───── THE DATA ─────

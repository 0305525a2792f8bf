//! A small log through the report, row by row, and expressions of the program's own on its rows.
use crate::explain::{show_bytes, show_columns, show_expression};
use crate::stopped::Stopped;
use crate::telling::{made, refused};
use crate::{MISSING, PLUS};
use book::opened::OpenBook;
use engine::Engine;
use engine::arithmetic::Arithmetic;
use engine::pair::Pair;
use engine::records::{Entry, Records};
use entries::node::{ExprId, PlanId};
use evaluate::fits;
use reporting::{Outcome, Report, Valuing, is_kept, report_of};
use std::io;
use value::{Side, Text, Value, shown};

/// The text that comes with the log: the kinds of events.
const KINDS: &[u8] = b"spotjingle";

const SPOT: Text = Text {
    side: Side::Row,
    start: 0,
    len: 4,
};

const JINGLE: Text = Text {
    side: Side::Row,
    start: 4,
    len: 6,
};

/// The log: the record of each event, and the frame that it starts at.
// Fewer rows than the limit of the plan, which keeps them all.
const LOG: [[Value; 2]; 6] = [
    [Value::Record(0), Value::Whole(1500)],
    [Value::Record(1), Value::Whole(9000)],
    [Value::Record(2), Value::Whole(12000)],
    [Value::Record(3), Value::Whole(15000)],
    [Value::Record(4), Value::Whole(i64::MAX)],
    [Value::Record(5), Value::Whole(-75)],
];

/// The kind of a record.
fn kind<'a>(owner: u32, text: Text) -> Entry<'a> {
    Entry {
        owner,
        name: b"kind",
        value: Value::Text(text),
    }
}

/// Expressions on a row of the log that stand in no node.
#[derive(Clone, Copy)]
pub struct OwnExpressions {
    kind: ExprId,
    missing: ExprId,
    sum: ExprId,
    stop: ExprId,
}

/// The kind of an event, whether it is missing, a sum of more than 64 bits, and a column that the log has not.
pub fn make_own(
    rt: &impl Print,
    book: &mut OpenBook,
    kind: ExprId,
) -> Result<OwnExpressions, Stopped> {
    let missing = made(rt, "call missing", book.call(MISSING, &[kind]))?;
    let most = made(rt, "whole 9223372036854775807", book.whole(i64::MAX))?;
    let one = made(rt, "whole 1", book.whole(1))?;
    let sum = made(rt, "call plus", book.call(PLUS, &[most, one]))?;
    let stop = made(
        rt,
        "reference log.stop",
        book.reference(b"stop", Some(b"log")),
    )?;
    Ok(OwnExpressions {
        kind,
        missing,
        sum,
        stop,
    })
}

/// Prints what comes of the rows of a log.
#[derive(Drop)]
struct Showing<'a, P, E> {
    rt: &'a P,
    valuing: Valuing<'a, E>,
}

impl<P: Print, E: Engine> Showing<'_, P, E> {
    /// A text between quotes; one that reaches past the end counts as null.
    fn show_text(&self, v: Value) -> io::Result<()> {
        let book = self.valuing.book.reader();
        match shown(book.terms().bytes(), self.valuing.text, v) {
            Ok(bytes) => {
                print!(self.rt; "'")?;
                show_bytes(self.rt, bytes)?;
                print!(self.rt; "'")
            }
            Err(_) => print!(self.rt; "null"),
        }
    }

    fn show_value(&self, v: Value) -> io::Result<()> {
        match v {
            Value::Null => print!(self.rt; "null"),
            Value::Truth(b) => print!(self.rt; "{b}"),
            Value::Whole(n) => print!(self.rt; "{n}"),
            Value::Real(_) => print!(self.rt; "(real)"),
            Value::Text(_) => self.show_text(v),
            Value::Record(n) => print!(self.rt; "record {n}"),
        }
    }

    fn show_row(&self, row: &[Value]) -> io::Result<()> {
        print!(self.rt; "(")?;
        for (i, v) in row.iter().enumerate() {
            if i > 0 {
                print!(self.rt; ", ")?;
            }
            self.show_value(*v)?;
        }
        print!(self.rt; ")")
    }

    fn show_outcome(&self, outcome: Outcome) -> io::Result<()> {
        self.show_row(&[outcome.event, outcome.start])?;
        print!(self.rt; ", filter ")?;
        self.show_value(outcome.filter)?;
        let kept = if is_kept(outcome.filter) {
            "kept"
        } else {
            "not kept"
        };
        println!(self.rt; ", {kept}")
    }

    /// What the report makes of a row.
    fn show_reported(&self, report: Report, row: &[Value]) -> io::Result<()> {
        self.show_row(row)?;
        print!(self.rt; " gives ")?;
        match self.valuing.outcome(report, row) {
            Ok(outcome) => self.show_outcome(outcome),
            Err(f) => refused(self.rt, f),
        }
    }

    /// What an expression comes to on a row of a node.
    fn show_valued(&self, e: ExprId, p: PlanId, row: &[Value]) -> io::Result<()> {
        show_expression(self.rt, self.valuing.book, e)?;
        print!(self.rt; " on ")?;
        self.show_row(row)?;
        print!(self.rt; ": ")?;
        match self.valuing.value(e, p, row) {
            Ok(v) => {
                self.show_value(v)?;
                println!(self.rt; "")
            }
            Err(f) => refused(self.rt, f),
        }
    }

    fn show_heading(&self, report: Report) -> io::Result<()> {
        print!(self.rt; "(")?;
        show_columns(self.rt, self.valuing.book, report.input)?;
        print!(self.rt; ") gives (")?;
        show_columns(self.rt, self.valuing.book, report.projection)?;
        println!(self.rt; "), starts in frames")
    }

    fn show_report(&self, report: Report) -> io::Result<()> {
        self.show_heading(report)?;
        for row in &LOG {
            self.show_reported(report, row)?;
        }
        Ok(())
    }

    fn show_own(&self, own: OwnExpressions, p: PlanId) -> io::Result<()> {
        for row in &LOG {
            self.show_valued(own.kind, p, row)?;
        }
        self.show_valued(own.missing, p, &LOG[0])?;
        self.show_valued(own.missing, p, &LOG[3])?;
        self.show_valued(own.sum, p, &LOG[0])?;
        self.show_valued(own.stop, p, &LOG[0])
    }
}

/// Prints what comes of the log's rows: in a report, which is read out of the book, and by the program's own expressions.
// One lifetime for both references, since `Showing` holds both.
pub fn show_rows<'x>(
    rt: &'x impl Print,
    book: &'x OpenBook,
    p: PlanId,
    own: OwnExpressions,
) -> Result<(), Stopped> {
    let report = report_of(book, p)?;
    let entries = [
        kind(0, SPOT),
        kind(1, SPOT),
        kind(2, JINGLE),
        kind(4, SPOT),
        kind(5, SPOT),
    ];
    let engine = Pair {
        split: 5,
        first: Arithmetic,
        second: Records { entries: &entries },
    };
    println!(rt; "the engine fits the book: {}", fits(book, &engine))?;
    let showing = Showing {
        rt,
        valuing: Valuing {
            book,
            engine: &engine,
            text: KINDS,
        },
    };
    println!(rt; "")?;
    showing.show_own(own, report.input)?;
    println!(rt; "")?;
    showing.show_report(report)?;
    Ok(())
}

─────

## ABOUT THIS EXERCISE
Please retype the top of the data exactly, down to and including the line that holds "use book::opened::OpenBook;", and nothing further.

## YOUR RESPONSE
repository 0305525a2792f8bf
//! A small log through the report, row by row, and expressions of the program's own on its rows.
use crate::explain::{show_bytes, show_columns, show_expression};
use crate::stopped::Stopped;
use crate::telling::{made, refused};
use crate::{MISSING, PLUS};
use book::opened::OpenBook;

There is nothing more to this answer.